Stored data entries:
▼

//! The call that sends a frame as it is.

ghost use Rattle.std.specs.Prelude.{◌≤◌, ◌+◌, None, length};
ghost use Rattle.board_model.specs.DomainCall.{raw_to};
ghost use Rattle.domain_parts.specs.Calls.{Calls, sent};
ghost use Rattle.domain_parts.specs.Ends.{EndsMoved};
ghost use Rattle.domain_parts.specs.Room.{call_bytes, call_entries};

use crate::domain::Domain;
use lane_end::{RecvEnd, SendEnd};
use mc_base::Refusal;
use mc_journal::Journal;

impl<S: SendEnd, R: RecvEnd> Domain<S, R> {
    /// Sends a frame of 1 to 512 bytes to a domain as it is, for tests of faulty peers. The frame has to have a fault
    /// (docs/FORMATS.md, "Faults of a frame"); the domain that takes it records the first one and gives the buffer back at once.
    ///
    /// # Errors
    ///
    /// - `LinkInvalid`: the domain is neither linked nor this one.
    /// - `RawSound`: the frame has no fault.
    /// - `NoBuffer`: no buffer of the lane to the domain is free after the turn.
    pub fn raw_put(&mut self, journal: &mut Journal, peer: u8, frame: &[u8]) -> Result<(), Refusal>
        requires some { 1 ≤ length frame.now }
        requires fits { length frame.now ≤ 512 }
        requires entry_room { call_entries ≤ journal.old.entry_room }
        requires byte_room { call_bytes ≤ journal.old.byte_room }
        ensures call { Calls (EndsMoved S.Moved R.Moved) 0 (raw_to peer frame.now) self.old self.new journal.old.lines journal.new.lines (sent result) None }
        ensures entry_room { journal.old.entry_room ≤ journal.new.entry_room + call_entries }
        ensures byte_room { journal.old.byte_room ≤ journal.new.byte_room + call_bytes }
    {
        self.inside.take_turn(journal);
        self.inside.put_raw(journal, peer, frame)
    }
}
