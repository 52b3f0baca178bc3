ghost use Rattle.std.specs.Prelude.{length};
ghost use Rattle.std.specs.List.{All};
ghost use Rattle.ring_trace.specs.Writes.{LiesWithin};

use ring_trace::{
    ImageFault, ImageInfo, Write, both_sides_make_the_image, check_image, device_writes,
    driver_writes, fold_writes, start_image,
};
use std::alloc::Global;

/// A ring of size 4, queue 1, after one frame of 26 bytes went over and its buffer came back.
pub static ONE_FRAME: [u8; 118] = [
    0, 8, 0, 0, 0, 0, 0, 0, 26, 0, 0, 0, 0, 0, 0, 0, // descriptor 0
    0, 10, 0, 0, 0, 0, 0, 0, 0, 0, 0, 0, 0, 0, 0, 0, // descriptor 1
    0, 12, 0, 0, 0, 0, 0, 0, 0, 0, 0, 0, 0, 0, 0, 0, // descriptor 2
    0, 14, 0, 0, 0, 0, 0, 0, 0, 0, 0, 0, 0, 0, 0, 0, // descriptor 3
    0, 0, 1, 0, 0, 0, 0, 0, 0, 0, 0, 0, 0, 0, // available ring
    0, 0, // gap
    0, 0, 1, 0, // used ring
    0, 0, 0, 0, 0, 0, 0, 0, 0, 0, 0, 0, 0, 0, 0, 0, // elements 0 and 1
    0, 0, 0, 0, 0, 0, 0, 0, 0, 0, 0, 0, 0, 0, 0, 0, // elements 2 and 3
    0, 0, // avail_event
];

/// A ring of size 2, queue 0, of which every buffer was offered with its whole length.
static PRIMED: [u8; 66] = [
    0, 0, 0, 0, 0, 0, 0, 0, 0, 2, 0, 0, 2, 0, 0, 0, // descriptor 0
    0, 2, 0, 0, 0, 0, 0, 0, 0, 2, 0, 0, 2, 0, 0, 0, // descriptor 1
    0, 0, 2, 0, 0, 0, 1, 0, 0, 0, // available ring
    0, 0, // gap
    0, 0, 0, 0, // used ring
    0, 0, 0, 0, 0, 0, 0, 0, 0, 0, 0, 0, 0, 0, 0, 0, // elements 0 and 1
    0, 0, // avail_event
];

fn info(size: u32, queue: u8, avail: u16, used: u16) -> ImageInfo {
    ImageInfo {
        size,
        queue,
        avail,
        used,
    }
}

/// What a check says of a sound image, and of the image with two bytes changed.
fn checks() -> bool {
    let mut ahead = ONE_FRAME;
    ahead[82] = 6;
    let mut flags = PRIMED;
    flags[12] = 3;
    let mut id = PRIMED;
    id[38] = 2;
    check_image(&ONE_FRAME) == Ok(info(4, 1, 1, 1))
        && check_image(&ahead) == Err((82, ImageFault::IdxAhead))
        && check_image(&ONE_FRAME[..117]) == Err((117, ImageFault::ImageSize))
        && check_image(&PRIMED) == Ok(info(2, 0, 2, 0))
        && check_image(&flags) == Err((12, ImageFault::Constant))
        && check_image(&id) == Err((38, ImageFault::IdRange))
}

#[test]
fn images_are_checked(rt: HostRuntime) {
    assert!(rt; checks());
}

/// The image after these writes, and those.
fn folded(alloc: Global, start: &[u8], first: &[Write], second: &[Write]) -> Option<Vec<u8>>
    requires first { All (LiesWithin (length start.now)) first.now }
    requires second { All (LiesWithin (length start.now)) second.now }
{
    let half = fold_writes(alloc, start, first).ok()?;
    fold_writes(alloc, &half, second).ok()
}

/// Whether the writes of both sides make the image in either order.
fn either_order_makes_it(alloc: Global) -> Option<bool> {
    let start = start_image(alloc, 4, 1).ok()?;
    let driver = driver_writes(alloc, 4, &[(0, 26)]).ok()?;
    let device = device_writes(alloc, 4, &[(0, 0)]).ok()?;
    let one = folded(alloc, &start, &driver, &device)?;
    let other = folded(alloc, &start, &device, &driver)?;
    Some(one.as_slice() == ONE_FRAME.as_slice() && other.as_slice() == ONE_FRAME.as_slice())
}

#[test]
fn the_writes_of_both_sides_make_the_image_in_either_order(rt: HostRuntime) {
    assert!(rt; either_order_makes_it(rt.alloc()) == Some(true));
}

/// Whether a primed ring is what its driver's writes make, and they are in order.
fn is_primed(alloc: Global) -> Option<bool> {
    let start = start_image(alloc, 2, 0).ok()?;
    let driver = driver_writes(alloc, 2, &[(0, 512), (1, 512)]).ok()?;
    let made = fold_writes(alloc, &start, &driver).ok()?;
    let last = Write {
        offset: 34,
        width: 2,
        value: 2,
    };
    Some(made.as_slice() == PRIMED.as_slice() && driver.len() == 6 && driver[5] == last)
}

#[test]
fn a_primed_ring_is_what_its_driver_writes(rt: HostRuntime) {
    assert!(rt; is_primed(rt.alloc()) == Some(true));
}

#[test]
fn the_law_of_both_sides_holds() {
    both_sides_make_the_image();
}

▲
▼

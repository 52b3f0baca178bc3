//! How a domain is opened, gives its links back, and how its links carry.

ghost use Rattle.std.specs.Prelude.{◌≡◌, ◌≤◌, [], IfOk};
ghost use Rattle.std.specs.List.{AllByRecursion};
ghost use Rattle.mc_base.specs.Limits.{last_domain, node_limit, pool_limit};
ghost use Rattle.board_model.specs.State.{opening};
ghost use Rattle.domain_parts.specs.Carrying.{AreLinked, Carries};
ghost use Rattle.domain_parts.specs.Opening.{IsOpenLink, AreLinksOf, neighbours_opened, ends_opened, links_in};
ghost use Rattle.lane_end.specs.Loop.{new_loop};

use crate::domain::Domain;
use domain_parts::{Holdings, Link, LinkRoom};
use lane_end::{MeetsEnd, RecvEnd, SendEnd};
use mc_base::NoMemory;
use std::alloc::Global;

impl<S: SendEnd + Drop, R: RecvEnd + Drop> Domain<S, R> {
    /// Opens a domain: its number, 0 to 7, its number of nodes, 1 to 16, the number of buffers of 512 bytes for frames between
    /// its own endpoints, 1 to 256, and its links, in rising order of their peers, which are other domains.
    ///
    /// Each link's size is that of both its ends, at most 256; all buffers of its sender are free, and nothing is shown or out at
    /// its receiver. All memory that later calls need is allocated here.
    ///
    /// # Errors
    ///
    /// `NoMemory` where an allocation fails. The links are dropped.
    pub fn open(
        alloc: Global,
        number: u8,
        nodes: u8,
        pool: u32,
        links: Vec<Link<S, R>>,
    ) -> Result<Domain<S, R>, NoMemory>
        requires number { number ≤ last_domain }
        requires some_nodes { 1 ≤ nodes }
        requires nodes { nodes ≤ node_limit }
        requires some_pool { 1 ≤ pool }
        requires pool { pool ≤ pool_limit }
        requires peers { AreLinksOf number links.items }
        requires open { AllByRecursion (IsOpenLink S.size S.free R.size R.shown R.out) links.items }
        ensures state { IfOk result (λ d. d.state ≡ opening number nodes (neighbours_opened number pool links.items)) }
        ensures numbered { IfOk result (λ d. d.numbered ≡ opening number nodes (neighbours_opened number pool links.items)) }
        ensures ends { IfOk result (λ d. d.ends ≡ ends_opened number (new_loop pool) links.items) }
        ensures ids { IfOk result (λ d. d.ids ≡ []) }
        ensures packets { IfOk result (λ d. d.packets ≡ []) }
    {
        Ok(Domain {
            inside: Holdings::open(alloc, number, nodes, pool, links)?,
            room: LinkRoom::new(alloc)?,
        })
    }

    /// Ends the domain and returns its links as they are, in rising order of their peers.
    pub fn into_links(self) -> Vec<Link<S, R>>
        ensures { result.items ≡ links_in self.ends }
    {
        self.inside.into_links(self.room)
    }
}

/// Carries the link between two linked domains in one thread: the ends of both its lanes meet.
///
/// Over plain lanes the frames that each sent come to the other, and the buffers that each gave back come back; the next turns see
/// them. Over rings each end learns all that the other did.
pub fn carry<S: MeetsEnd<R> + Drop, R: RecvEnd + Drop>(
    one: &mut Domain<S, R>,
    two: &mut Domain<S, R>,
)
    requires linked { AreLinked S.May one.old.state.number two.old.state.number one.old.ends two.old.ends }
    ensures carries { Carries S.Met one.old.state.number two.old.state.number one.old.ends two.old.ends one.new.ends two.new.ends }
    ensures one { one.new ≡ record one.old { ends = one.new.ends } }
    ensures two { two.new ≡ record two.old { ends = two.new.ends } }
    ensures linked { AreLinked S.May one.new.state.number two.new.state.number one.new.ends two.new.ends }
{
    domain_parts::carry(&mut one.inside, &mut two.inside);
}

▲

> TASK BRIEF
Show the lines from the data above that contain the string "back".

> RESPONSE
    /// (docs/FORMATS.md, "Faults of a frame"); the domain that takes it records the first one and gives the buffer back at once.
/// A ring of size 4, queue 1, after one frame of 26 bytes went over and its buffer came back.
//! How a domain is opened, gives its links back, and how its links carry.
/// Over plain lanes the frames that each sent come to the other, and the buffers that each gave back come back; the next turns see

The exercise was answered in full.